[Stored data]
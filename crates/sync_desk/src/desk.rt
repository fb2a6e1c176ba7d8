//! What the lock guards.
ghost use Rattle.std.specs.HashMap.{IsEmpty};
ghost use Rattle.std.specs.Prelude.{◌≡◌, ◌<◌, ◌%◌, ◌==◌, None, IfSome, max, replicate};
ghost use Rattle.front_reference.specs.Fronts.{ComesAfter};
ghost use Rattle.front_reference.specs.Wholes.{total_number, total_weight};
ghost use Rattle.front_state.specs.Calls.{hash_in};
ghost use Rattle.sync_desk.specs.Drawing.{IsDrawn, LacksSteps};
ghost use Rattle.sync_desk.specs.Writing.{last_in};

use crate::slots::Slots;
use crate::writes::Writes;
use engine_reference::Rules;
use front_parts::HasWays;
use front_reference::{At, Shared};
use front_state::{LentState, Single};
use policy_base::Instant;
use rand_core::Rng;
use std::alloc::Global;
use std::hash::{BuildHasher, Hash};

/// A cache's state with its generator, and the turns that are led or waited for. Each call has its moment, the later of the moment that was
/// handed in last (`at`) and the state's, and its step, the one after the state's. Only `at` changes the moment that was handed in, and only
/// a call with a predicate draws from the generator. The number never changes; by it a caller sees which desk a lock guards.
#[derive(Drop)]
pub struct Desk<K: Eq + Hash, V, S: BuildHasher, R: Rules<K, V>, G, C = Single> {
    pub(crate) alloc: Global,
    pub(crate) number: usize,
    pub(crate) moment: Instant,
    pub(crate) state: LentState<K, V, S, R, C>,
    pub(crate) slots: Slots<V, Shared<R::Fault>>,
    pub(crate) writes: Writes,
    pub(crate) generator: G,
}

impl<
    K: Eq + Hash + Drop,
    V: Drop,
    S: BuildHasher + Drop,
    R: Rules<K, V> + Drop,
    G: Rng + Drop,
    C: Drop,
> Desk<K, V, S, R, G, C> {
    /// Creates what a lock guards, of a state with no turn under way and the generator that gives its random words. Its number and its
    /// moment are 0.
    pub fn new(alloc: Global, state: LentState<K, V, S, R, C>, generator: G) -> Self
        ensures number { result.number ≡ 0 }
        ensures state { result.state ≡ state }
        ensures slots { IsEmpty result.slots.slots }
        ensures writes { result.writes.steps ≡ replicate 64 0 }
        ensures moment { result.moment ≡ 0 }
        ensures generator { result.generator ≡ generator }
    {
        Desk {
            alloc,
            number: 0,
            moment: Instant::from_nanos(0),
            state,
            slots: Slots::new(alloc),
            writes: Writes::new(),
            generator,
        }
    }

    /// Gives the desk another number.
    pub fn numbered(self, number: usize) -> Self
        ensures { result ≡ record self { number = number } }
    {
        let mut desk = self;
        desk.number = number;
        desk
    }

    /// Returns the desk's number.
    pub fn number(&self) -> usize
        ensures { result ≡ self.now.number }
    {
        self.number
    }

    /// Returns whether the step of the next call is a multiple of 64.
    pub fn is_at_64th_step(&self) -> bool
        ensures { result ≡ self.now.state.step % 64 == 63 }
    {
        let At { step, .. } = self.state.last_call();
        step % 64 == 63
    }

    /// Hands in the moment of the calls that come next. A moment before the state's last counts as the last.
    pub fn at(&mut self, moment: Instant)
        ensures { self.new ≡ record self.old { moment = moment } }
    {
        self.moment = moment;
    }

    /// The moment of the next call.
    pub(crate) fn next_moment(&self) -> Instant
        ensures { result ≡ max self.now.moment self.now.state.moment }
    {
        let last = self.state.last_call();
        self.moment.max(last.now)
    }

    /// The moment and step of the next call; `None` if the 64-bit steps are used up.
    pub(crate) fn draw(&self) -> Option<At>
        ensures follows { IfSome result (λ at. ComesAfter at.now at.step self.now.state) }
        ensures rises { IfSome result (λ at. self.now.state.step < at.step) }
        ensures drawn { IfSome result (IsDrawn self.now.moment self.now.state) }
        ensures used_up { result ≡ None → LacksSteps 1 self.now.state }
    {
        let last = self.state.last_call();
        let now = self.next_moment();
        let step = last.step.checked_add(1)?;
        Some(At { now, step })
    }

    /// Returns the step at which a value of a key, or of another key that shares its place, was last written. If the step is the same as
    /// before, so is the visible value, unless there is none any more.
    pub fn last_write(&self, key: &K) -> u64
        ensures { result ≡ last_in (hash_in ⟦<R as HasWays<K, V, S>>⟧.ways self.now.state key.now)
            self.now.writes.steps }
    {
        self.writes.last(self.state.hash(key))
    }

    /// Returns the number of entries as of the last run of each part.
    pub fn entry_count(&self) -> u64
        ensures { result ≡ total_number self.now.state }
    {
        self.state.entry_count()
    }

    /// Returns the total weight of the entries as of the last run of each part.
    pub fn weighted_size(&self) -> u64
        ensures { result ≡ total_weight self.now.state }
    {
        self.state.weighted_size()
    }
}
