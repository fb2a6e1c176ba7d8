//! The source of moments and random words of a shared cache.
mod dial;
mod env;
mod fork;
mod machine;

pub use dial::{Dial, DialEnv};
pub use env::{Env, Watch};
pub use fork::Fork;
pub use machine::{MachineEnv, MachineWatch};
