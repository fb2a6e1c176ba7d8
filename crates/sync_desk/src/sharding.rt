//! A predicate in two halves: it is prepared in all shards, and then registered in each or given up in each.
ghost use Rattle.std.specs.Prelude.{◌≡◌, ◌+◌, ◌<◌, ◌^◌, true, false, IfErr, IfOk, OnOk, OnErr};
ghost use Rattle.std.specs.Result.{IsErrOf};
ghost use Rattle.engine_reference.specs.Calls.{without_room};
ghost use Rattle.front_reference.specs.declared.errors.CacheError.TheVariants as errors;
ghost use Rattle.front_state.specs.Sharding.{FirstHasRoom, with_first_part};
ghost use Rattle.sync_desk.specs.Drawing.{IsCauseToCoverAsDrawn};
ghost use Rattle.sync_desk.specs.Sharding.{CommitsAsDrawn, PreparesAsDrawn};

use crate::desk::Desk;
use engine_reference::Rules;
use front_reference::{CacheError, Shared};
use front_state::Sharded;
use rand_core::Rng;
use std::hash::{BuildHasher, Hash};

impl<
    K: Eq + Hash + Drop,
    V: Clone + Drop,
    S: BuildHasher + Drop,
    R: Rules<K, V> + Drop,
    G: Rng + Drop,
> Desk<K, V, S, R, G, Sharded> {
    /// Does the first half of a predicate: makes room for it, and draws its identifier. `commit_cover` registers the predicate, or
    /// `release_cover` gives its room up; until then nothing is invalidated. Returns `InvalidationClosuresDisabled` if the cache accepts no
    /// predicates, `OutOfMemory`, `UsedUp` if the 64-bit numbers are used up, and `IdsInUse` if each of a thousand identifiers that were
    /// drawn is registered; then the cache is as before.
    pub fn prepare_cover(&mut self) -> Result<u128, CacheError>
        ensures prepares { IfOk result (λ id. PreparesAsDrawn (G.stream self.old.generator)
            (G.stream self.new.generator) id self.old.state self.new.state) }
        ensures takes { OnOk result (self.old.state.common.settings.takes_predicates ≡ true) }
        ensures first { self.old.state.common.settings.takes_predicates ≡ false
            → IsErrOf result errors.InvalidationClosuresDisabled }
        ensures err { OnErr result (self.new.state ≡ self.old.state) }
        ensures rest { self.new
            ≡ record self.old { state = self.new.state; generator = self.new.generator } }
        ensures cause { IfErr result (IsCauseToCoverAsDrawn (G.stream self.old.generator)
            (G.stream self.new.generator) self.old.state) }
    {
        match self.draw_to_cover() {
            Ok(at) => {
                let _step = at.step;
                let Desk {
                    state,
                    generator,
                    ..
                } = self;
                state.prepare_cover(generator)
            }
            Err(refused) => Err(refused),
        }
    }

    /// Does the second half, which is never refused: registers a predicate under its identifier, in the room that `prepare_cover` made.
    pub fn commit_cover(&mut self, id: u128, predicate: Shared<R::Predicate>)
        requires room { FirstHasRoom self.old.state }
        requires steps { self.old.state.step + 1 < 2 ^ 64 }
        ensures commits { CommitsAsDrawn self.old.moment id predicate self.old.state
            self.new.state }
        ensures rest { self.new ≡ record self.old { state = self.new.state } }
    {
        match self.draw() {
            Some(at) => self.state.commit_cover(id, predicate, at),
            None => unreachable!(),
        }
    }

    /// Gives up the room that `prepare_cover` made.
    pub fn release_cover(&mut self)
        requires { FirstHasRoom self.old.state }
        ensures state { self.new.state ≡ with_first_part without_room self.old.state }
        ensures rest { self.new ≡ record self.old { state = self.new.state } }
    {
        self.state.release_cover();
    }
}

[WHAT IS EXPECTED]
If a line in the records above contains "CacheError", copy that line.

[REPLY]
ghost use Rattle.front_reference.specs.declared.errors.CacheError.TheVariants as errors;
use front_reference::{CacheError, Shared};
    pub fn prepare_cover(&mut self) -> Result<u128, CacheError>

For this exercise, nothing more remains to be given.